To do
After finding the line that contains "let is_bare = is_bare(alloc, heap, &kind)?;", give again that line and each one following it, exactly, until the records end.

(Recorded information Opens)

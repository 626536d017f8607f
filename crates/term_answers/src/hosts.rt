// The calls of the small host.
ghost use Rattle.std.specs.Prelude.{◌↔◌, IsTrue};
ghost use Rattle.js_heap.specs.Closed.{IsThere};
ghost use Rattle.js_value.specs.declared.value.Value.TheVariants.{Ref};

use console_host::ConsoleHost;
use js_heap::{Heap, HeapFault, Root};
use js_host::{DispatchAt, Host, HostPut, NextCall, Outcome, Resume};
use js_value::{NativeId, ObjId, Value};
use mug_text::{JText, Listed, NoMemory};
use std::alloc::Global;
use written_text::written_text;

// What the answer of a resumed native is.
fn resumed(alloc: Global, heap: &mut Heap) -> Result<bool, NoMemory> {
    let mut host = ConsoleHost::new(alloc);
    let point = Resume {
        id: NativeId { number: 0 },
        stage: 0,
        kept: Listed::new(alloc),
    };
    match host.resume(heap, point, &Value::Null) {
        Outcome::Value(Value::Null) => Ok(true),
        _ => Err(NoMemory),
    }
}

// Whether the window has no property of the host's own, neither to read nor to write.
fn is_bare(alloc: Global, heap: &mut Heap, key: &JText) -> Result<bool, NoMemory> {
    let mut host = ConsoleHost::new(alloc);
    let window = heap.root(Root::Window);
    if host.get_own(heap, window, key)?.is_some() || host.is_handler(heap, window, key) {
        return Ok(false);
    }
    match host.put_own(heap, window, key, &Value::Null) {
        HostPut::NotHost => Ok(true),
        _ => Ok(false),
    }
}

// The event of a fresh dispatch, where it fits.
fn fresh(alloc: Global, heap: &mut Heap, kind: &JText) -> Result<Option<DispatchAt>, NoMemory> {
    let mut host = ConsoleHost::new(alloc);
    let window = heap.root(Root::Window);
    match host.fresh(heap, window, kind, true, true) {
        Ok(dispatch) => Ok(Some(dispatch)),
        Err(HeapFault::Full) => Ok(None),
        Err(HeapFault::NoMemory) => Err(NoMemory),
    }
}

fn is_here(heap: &Heap, object: ObjId) -> bool
    ensures { IsTrue result ↔ IsThere heap.now (Ref object) }
{
    heap.is_there(&Value::Ref(object))
}

// Whether a dispatch calls nothing and keeps its default.
fn ends(alloc: Global, heap: &mut Heap, at: &DispatchAt) -> Result<bool, NoMemory> {
    if !is_here(heap, at.target) || !is_here(heap, at.event) {
        return Ok(false);
    }
    let mut host = ConsoleHost::new(alloc);
    let mut dispatch = host.dispatch_start(heap, at)?;
    match host.dispatch_next(heap, &mut dispatch, None)? {
        NextCall::End { kept } => Ok(kept),
        NextCall::Call { .. } => Ok(false),
    }
}

/// What the calls give that the three rows don't make.
pub fn told(alloc: Global, heap: &mut Heap) -> Result<String, NoMemory> {
    let kind = written_text(alloc, "click")?;
    let Some(dispatch) = fresh(alloc, heap, &kind)? else {
        return Ok(String::from_str(alloc, "full")?);
    };
    let event = dispatch.event.number;
    let is_bare = is_bare(alloc, heap, &kind)?;
    let ends = ends(alloc, heap, &dispatch)?;
    let resumed = resumed(alloc, heap)?;
    Ok(format!(in alloc; "event {event}, bare {is_bare}, ends {ends}, resumed {resumed}")?)
}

(Recorded information Closes)

Your response
    let is_bare = is_bare(alloc, heap, &kind)?;
    let ends = ends(alloc, heap, &dispatch)?;
    let resumed = resumed(alloc, heap)?;
    Ok(format!(in alloc; "event {event}, bare {is_bare}, ends {ends}, resumed {resumed}")?)
}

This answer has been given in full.